AIM OF THE TASK:
Find every line with the string "Rattle" in the material below and copy it.
** MATERIAL SHOWN follows **
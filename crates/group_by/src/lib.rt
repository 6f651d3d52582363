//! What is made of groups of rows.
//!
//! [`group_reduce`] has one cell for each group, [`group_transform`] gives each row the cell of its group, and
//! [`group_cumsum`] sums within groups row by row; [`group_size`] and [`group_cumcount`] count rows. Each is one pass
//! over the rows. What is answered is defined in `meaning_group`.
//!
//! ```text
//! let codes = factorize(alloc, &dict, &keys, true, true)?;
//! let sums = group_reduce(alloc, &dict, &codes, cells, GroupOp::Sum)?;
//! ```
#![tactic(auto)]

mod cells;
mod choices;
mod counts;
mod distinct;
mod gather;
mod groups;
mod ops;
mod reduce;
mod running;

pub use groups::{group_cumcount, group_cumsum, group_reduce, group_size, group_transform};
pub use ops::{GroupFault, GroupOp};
** End of MATERIAL SHOWN **
** MATERIAL SHOWN follows **
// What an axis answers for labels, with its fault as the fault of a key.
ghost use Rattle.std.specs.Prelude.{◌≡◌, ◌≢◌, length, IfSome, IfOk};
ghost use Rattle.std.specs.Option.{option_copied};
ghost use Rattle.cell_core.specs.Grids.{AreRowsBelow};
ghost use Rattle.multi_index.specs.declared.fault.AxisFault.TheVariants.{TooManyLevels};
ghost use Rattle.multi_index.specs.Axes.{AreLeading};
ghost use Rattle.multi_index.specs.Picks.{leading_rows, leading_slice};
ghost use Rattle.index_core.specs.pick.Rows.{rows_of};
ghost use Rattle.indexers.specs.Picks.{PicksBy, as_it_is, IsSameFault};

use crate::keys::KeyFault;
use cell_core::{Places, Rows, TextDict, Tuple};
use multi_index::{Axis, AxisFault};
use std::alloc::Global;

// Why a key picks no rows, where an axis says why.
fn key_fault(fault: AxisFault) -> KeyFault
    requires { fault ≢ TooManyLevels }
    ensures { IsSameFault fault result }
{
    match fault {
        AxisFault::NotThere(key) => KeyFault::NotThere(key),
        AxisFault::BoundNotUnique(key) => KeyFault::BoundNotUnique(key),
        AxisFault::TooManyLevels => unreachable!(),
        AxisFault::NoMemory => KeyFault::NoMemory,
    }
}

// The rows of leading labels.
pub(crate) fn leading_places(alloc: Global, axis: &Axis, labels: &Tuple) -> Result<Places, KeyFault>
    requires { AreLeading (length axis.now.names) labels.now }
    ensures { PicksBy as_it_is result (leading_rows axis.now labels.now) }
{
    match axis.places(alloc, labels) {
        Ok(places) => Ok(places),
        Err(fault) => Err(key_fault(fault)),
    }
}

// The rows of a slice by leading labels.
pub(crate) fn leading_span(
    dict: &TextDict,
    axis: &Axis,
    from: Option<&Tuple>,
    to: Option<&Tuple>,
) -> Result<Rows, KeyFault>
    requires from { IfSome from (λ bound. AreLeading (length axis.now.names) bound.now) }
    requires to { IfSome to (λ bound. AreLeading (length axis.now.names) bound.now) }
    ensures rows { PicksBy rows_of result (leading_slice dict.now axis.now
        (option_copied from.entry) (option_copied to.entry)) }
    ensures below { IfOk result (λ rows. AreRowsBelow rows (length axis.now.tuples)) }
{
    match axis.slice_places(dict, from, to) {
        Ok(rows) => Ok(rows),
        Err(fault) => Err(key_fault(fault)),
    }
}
** End of MATERIAL SHOWN **
SOLUTION TO THIS TASK:
ghost use Rattle.std.specs.Prelude.{◌≡◌, ◌≢◌, length, IfSome, IfOk};
ghost use Rattle.std.specs.Option.{option_copied};
ghost use Rattle.cell_core.specs.Grids.{AreRowsBelow};
ghost use Rattle.multi_index.specs.declared.fault.AxisFault.TheVariants.{TooManyLevels};
ghost use Rattle.multi_index.specs.Axes.{AreLeading};
ghost use Rattle.multi_index.specs.Picks.{leading_rows, leading_slice};
ghost use Rattle.index_core.specs.pick.Rows.{rows_of};
ghost use Rattle.indexers.specs.Picks.{PicksBy, as_it_is, IsSameFault};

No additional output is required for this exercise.